Top of PROVIDED RECORDS

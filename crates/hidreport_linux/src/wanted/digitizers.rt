//! Digitizers: pens, touch screens and pads.
ghost use Rattle.std.specs.Prelude.{◌≡◌, ◌%◌};
ghost use Rattle.hidreport_linux.specs.Events.{digitizer, in_range, listed_or, other, tool_of};

use super::pages::other;
use super::{Role, Wanted};
use crate::code_rows::listed;
use crate::event_code::EventCode;
use crate::place::Place;
use crate::unmapped::Unmapped;

/// What a usage of Digitizers asks for, by its last two digits.
#[tactic(auto, unfolding(crate::specs::Events::digitizer))]
pub(crate) fn digitizer(usage: u32, place: &Place) -> Result<Wanted, Unmapped>
    ensures { result ≡ digitizer (usage % 256) place.now }
{
    let low = usage % 0x100;
    match low {
        0x00 => Err(Unmapped::Ignored),
        0x30 => Wanted::asks(EventCode::absolute(0x18), true, Role::Pressure),
        0x32 => in_range(place),
        0x3b => Err(Unmapped::Battery),
        0x45 => Wanted::asks(EventCode::key(0x14a), true, Role::Eraser),
        _ => listed_or_other(0x000d_0000 + low, place),
    }
}

/// What the table has, or what hid-input doesn't know.
#[tactic(auto, unfolding(crate::specs::Events::listed_or))]
fn listed_or_other(usage: u32, place: &Place) -> Result<Wanted, Unmapped>
    ensures { result ≡ listed_or (other place.now) usage }
{
    match listed(usage) {
        Some(wanted) => Ok(wanted),
        None => other(place),
    }
}

/// In Range: the tool, by the physical collection, and by the application where there is none.
#[tactic(auto, unfolding(crate::specs::Events::in_range))]
fn in_range(place: &Place) -> Result<Wanted, Unmapped>
    ensures { result ≡ in_range place.now }
{
    match place.physical {
        0x000d_0021 => Wanted::own(EventCode::key(0x146)),
        0x000d_0022 => Wanted::own(EventCode::key(0x145)),
        0 => Wanted::shared(EventCode::key(tool_of(place.application))),
        _ => Wanted::own(EventCode::key(0x140)),
    }
}

/// The tool of an application: a finger on a touch screen or pad, else a pen.
fn tool_of(application: u32) -> u16
    ensures { result ≡ tool_of application }
{
    match application {
        0x000d_0004 | 0x000d_0005 => 0x145,
        _ => 0x140,
    }
}
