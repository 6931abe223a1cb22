//! A hot node: threads go in and out through its gate, each in its own lane, while the node is removed.
//! When the removal returns, nobody is inside, and nobody can get in.

ghost use Rattle.std.specs.Prelude.{◌≡◌, IfOk};
ghost use Rattle.kf_core.specs.declared.caller.Phase.TheVariants as phase_of;

use anyhow::Context;
use kf_core::{Key, Limits, Node, Refusal};
use kf_gates::{Closed, Keeper, Pass};
use kf_hot::{close_gate, close_gates, open_gate, remove_gated};
use kf_shared::{Naming, NewTree, SharedTree, release_all};
use kf_words::Call;
use std::alloc::Global;
use std::marker::Brand;
use std::sync::Wait;
use std::sync::atomic::{AtomicU64, Ordering};
use std::thread::{Threads, join};

/// The number of a new gate's first opening.
const FIRST: u64 = 1;

/// What the threads share: whether the gate was opened (or could not be), and how often each thread was
/// inside.
#[derive(Drop)]
struct Counts {
    opened: AtomicU64,
    first: AtomicU64,
    second: AtomicU64,
}

/// Waits until the count is no longer 0.
fn wait_for<R: Wait>(rt: &R, count: &AtomicU64) {
    for _ in rt.forever() {
        if count.load(Ordering::SeqCst) != 0 {
            return;
        }
    }
}

/// Goes in and out by a pass until the pass is refused. In between, a callback would run.
fn call_until_refused<R: Wait>(rt: &R, mut pass: Pass, opened: &AtomicU64, calls: &AtomicU64) {
    wait_for(rt, opened);
    for _ in rt.forever() {
        pass = match pass.enter(FIRST) {
            Ok(call) => {
                calls.fetch_add(1, Ordering::SeqCst);
                call.leave()
            }
            Err(_) => return,
        };
    }
}

/// Makes the node hot.
fn make_hot<N: Naming, R: Wait>(
    rt: &R,
    tree: &SharedTree<N>,
    node: Key,
    closed: Closed,
) -> Result<Keeper<Call>, Refusal>
    ensures running { IfOk result (λ keeper. keeper.kept.phase ≡ phase_of.Running) }
{
    let hold = tree.edit(rt).hold(node)?;
    match open_gate(closed, hold) {
        Ok(keeper) => Ok(keeper),
        Err((_, hold)) => {
            hold.release();
            Err(Refusal::NoDevice)
        }
    }
}

/// Removes the node and closes its gate. Returns how many nodes were removed.
fn remove_hot<N: Naming, R: Wait>(
    rt: &R,
    alloc: Global,
    tree: &SharedTree<N>,
    node: Key,
    keeper: Keeper<Call>,
) -> Result<usize, Refusal>
    requires running { keeper.kept.phase ≡ phase_of.Running }
{
    let mut editor = tree.edit(rt);
    let hold = match editor.hold(node) {
        Ok(hold) => hold,
        Err(refusal) => {
            editor.let_go();
            close_gate(rt, keeper).1.release();
            return Err(refusal);
        }
    };
    let Ok(mut gates) = Vec::with_capacity(alloc, 1) else {
        editor.let_go();
        hold.release();
        close_gate(rt, keeper).1.release();
        return Err(Refusal::NoMemory);
    };
    gates.push_reserved(keeper);
    match remove_gated(rt, alloc, editor, hold, gates) {
        Ok((receipts, _)) => {
            let removed = receipts.len();
            release_all(receipts);
            Ok(removed)
        }
        Err((hold, gates, refusal)) => {
            hold.release();
            close_gates(rt, gates);
            Err(refusal)
        }
    }
}

/// Opens the gate, and removes the node once both threads have been inside.
fn remove_under_use<N: Naming, R: Wait>(
    rt: &R,
    alloc: Global,
    tree: &SharedTree<N>,
    node: Key,
    closed: Closed,
    counts: &Counts,
) -> Result<usize, Refusal> {
    let opened = make_hot(rt, tree, node, closed);
    counts.opened.fetch_add(1, Ordering::SeqCst);
    let keeper = opened?;
    wait_for(rt, &counts.first);
    wait_for(rt, &counts.second);
    remove_hot(rt, alloc, tree, node, keeper)
}

/// Runs three threads: two call, and one removes.
fn remove_while_called<N: Naming + Send + Sync, R: Threads + Wait + Sync + Print>(
    rt: &R,
    alloc: Global,
    tree: &SharedTree<N>,
) -> anyhow::Result<()> {
    let mut editor = tree.edit(rt);
    let root = editor.state().root();
    let node = editor.create(root, b"plugin", Node::Dir, true)?;
    editor.let_go();
    let (closed, mut first) = Closed::new(alloc, 2)?;
    let second = first.another(1)?;
    let counts = Counts {
        opened: AtomicU64::new(0),
        first: AtomicU64::new(0),
        second: AtomicU64::new(0),
    };
    let (_, (_, gone)) = join(
        rt,
        || call_until_refused(rt, first, &counts.opened, &counts.first),
        || {
            join(
                rt,
                || call_until_refused(rt, second, &counts.opened, &counts.second),
                || remove_under_use(rt, alloc, tree, node, closed, &counts),
            )
        },
    );
    let gone = gone?;
    let both = counts.first.load(Ordering::SeqCst) > 0 && counts.second.load(Ordering::SeqCst) > 0;
    println!(rt; "{gone} hot node went, and both threads were inside before: {both}")?;
    Ok(())
}

fn run<N: Naming + Send + Sync, R: Threads + Wait + Sync + Print>(
    rt: &R,
    alloc: Global,
    new: NewTree,
) -> anyhow::Result<()>
    requires { new.master.table ≡ N.table }
{
    remove_while_called(rt, alloc, &new.named::<N>())
}

/// Makes the tree, and removes a hot node while it is in use.
pub(crate) fn start<R: Threads + Wait + Sync + Print>(rt: &R, alloc: Global) -> anyhow::Result<()> {
    let limits = Limits::new(16, 100).context("16 slots and 100 holds are within the limits")?;
    run::<Brand, _>(rt, alloc, SharedTree::<Brand>::new(alloc, limits)?)
}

Bottom of PROVIDED RECORDS

Filter the entries down to the lines with the word "each" in them.

(TASK ANSWER)
//! A hot node: threads go in and out through its gate, each in its own lane, while the node is removed.
/// What the threads share: whether the gate was opened (or could not be), and how often each thread was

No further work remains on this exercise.